There was a silence that Snow interpreted as disgust. “What’s going on?” he asked.
“It’s a UD job,” Rachlin said.
“A what?”
The Commander looked at him sharply. “Underwater demolition. That’s all you need to know.”
“Is this connected with the headless murders?” Snow asked.
The Commander stared. “For a dumb-ass, tit-suckin’, bath-tub-divin’ tadpole of a po-lice diver, you ask a whole lot of questions, darlin’.”
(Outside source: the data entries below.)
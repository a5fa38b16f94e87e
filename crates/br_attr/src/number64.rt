ghost use Rattle.std.specs.Prelude.{◌≡◌, ◌+◌, ◌++◌, ◌≤◌, Ok, OnOk};
ghost use Rattle.br_model.specs.Answer.{AnswersAlways};
ghost use Rattle.br_model.specs.Number.{digit64, digit_at, read_number, write_magnitude, write_number};
ghost use Rattle.br_attr.specs.Digits.{integer64, last_digits, signed64, spelled64};
ghost use Rattle.br_attr.specs.Fault.{fault_number};

use crate::fault::AttrFault;
use br_model::numbers_read_back;
use std::alloc::AllocError;

/// The digits for 0 to 63.
const DIGITS: [u8; 64] = *b"ABCDEFGHIJKLMNOPQRSTUVWXYZabcdefghijklmnopqrstuvwxyz0123456789+/";

/// The place of the first digit of the greatest number of 64 bits, counted from the right.
const GREATEST_PLACE: u32 = 10;

/// Returns the value of a base 64 digit.
#[tactic(auto, using(crate::proofs::DigitLaws::digit_rules))]
fn digit_of(byte: u8) -> Option<u64>
    ensures { result ≡ digit64 byte }
{
    match byte {
        b'A'..=b'Z' => Some(u64::from(byte - b'A')),
        b'a'..=b'z' => Some(u64::from(byte - b'a') + 26),
        b'0'..=b'9' => Some(u64::from(byte - b'0') + 52),
        b'+' => Some(62),
        b'/' => Some(63),
        _ => None,
    }
}

/// Returns the number that base 64 digits spell, if it fits 64 bits.
fn spelled_by(digits: &[u8]) -> Option<u64>
    ensures { result ≡ spelled64 digits.now }
{
    let mut value: u64 = 0;
    for byte in digits {
        let digit = digit_of(*byte)?;
        value = value.checked_mul(64)?.checked_add(digit)?;
    }
    Some(value)
}

/// Returns the integer of a sign and a magnitude, if it fits 64 bits.
fn signed(minus: bool, magnitude: u64) -> Option<i64>
    ensures { result ≡ signed64 minus magnitude }
{
    if minus {
        0_i64.checked_sub_unsigned(magnitude)
    } else {
        0_i64.checked_add_unsigned(magnitude)
    }
}

/// Returns the integer that digits after a sign spell, if it fits 64 bits.
fn integer_of(minus: bool, digits: &[u8]) -> Option<i64>
    ensures { result ≡ integer64 minus digits.now }
{
    if digits.is_empty() {
        return None;
    }
    signed(minus, spelled_by(digits)?)
}

/// Reads a base 64 integer: an optional `-`, and at least one digit of `A-Z a-z 0-9 + /` for 0 to
/// 63, the most significant first, without padding. There may be leading zeros, and `-A` is 0.
/// Bacula's Developer's Guide, "Storage Media Output Format", has these numbers in the attributes
/// of a file.
///
/// # Errors
///
/// `BadNumber` if the text has another form, or the integer does not fit 64 bits.
#[tactic(auto, unfolding(br_model::specs::Number::read_number))]
pub fn read_number(text: &[u8]) -> Result<i64, AttrFault>
    ensures { AnswersAlways (λ n. n) fault_number result (read_number text.now) }
{
    let integer = match text {
        [b'-', digits @ ..] => integer_of(true, digits),
        _ => integer_of(false, text),
    };
    integer.ok_or(AttrFault::BadNumber)
}

/// Returns the digit at a place, counted from the right.
fn digit_in(magnitude: u64, place: u32) -> u8
    requires { place ≤ 10 }
    ensures { result ≡ digit_at magnitude place }
{
    DIGITS[(magnitude / 64_u64.pow(place) % 64) as usize]
}

/// Returns the place of the first digit that is not 0, or of the last digit.
fn first_place(magnitude: u64) -> u32
    ensures within { result ≤ 10 }
    ensures shortest { last_digits magnitude (result + 1) ≡ write_magnitude magnitude }
{
    let mut place = GREATEST_PLACE;
    while place > 0 && digit_in(magnitude, place) == b'A' {
        place -= 1;
    }
    place
}

/// Appends the last `count` digits.
fn push_digits(text: &mut Vec<u8>, magnitude: u64, count: u32) -> Result<(), AllocError>
    requires { count ≤ 11 }
    ensures { OnOk result (text.new.items ≡ text.old.items ++ last_digits magnitude count) }
{
    let mut left = count;
    while left > 0 {
        left -= 1;
        text.push(digit_in(magnitude, left))?;
    }
    Ok(())
}

/// Appends an integer in base 64, as the shortest text from which `read_number` reads it: `-` if it
/// is negative, and digits of `A-Z a-z 0-9 + /` for 0 to 63, the most significant first, without
/// leading zeros. 0 is `A`.
///
/// If memory runs out, a part of the digits may have been appended.
#[tactic(auto, unfolding(br_model::specs::Number::write_number))]
pub fn write_number(number: i64, text: &mut Vec<u8>) -> Result<(), AllocError>
    ensures ok { OnOk result (text.new.items ≡ text.old.items ++ write_number number) }
    ensures reads_back { OnOk result (read_number (write_number number) ≡ Ok number) }
{
    numbers_read_back();
    if number < 0 {
        text.push(b'-')?;
    }
    let magnitude = number.unsigned_abs();
    push_digits(text, magnitude, first_place(magnitude) + 1)
}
Snow said nothing. He didn’t dare look at Donovan.
“We can chart our way in from this point,” Rachlin said, unrolling one of the maps and tamping his thumb on a blue dot. “But the new treatment plant made these insertion areas here obsolete. So you’re gonna get us in to that point.”
Snow bent over the laminated map. At the top, in chiseled copperplate script, a legend read WEST SIDE STORM AND SEWER SURVEY, LOWER QUADRANT. Below was a labyrinth of faint intersecting lines. Somebody had placed three sets of dots beneath the western side of Central Park. He stared at the complex traceries, his mind racing. The Humboldt Kill was the easiest insertion point, but it was a hell of a long way in to the Lateral from there, with many twists and turns. Besides, he didn’t want to go back there, ever, if he could help it. He tried to remember their training sessions, the long days on boats nosing up muddy canals. Where else did the West Side Lateral drain into?
“This isn’t an essay question,” Rachlin said quietly. “Hurry it up. We’re on a tight schedule here.”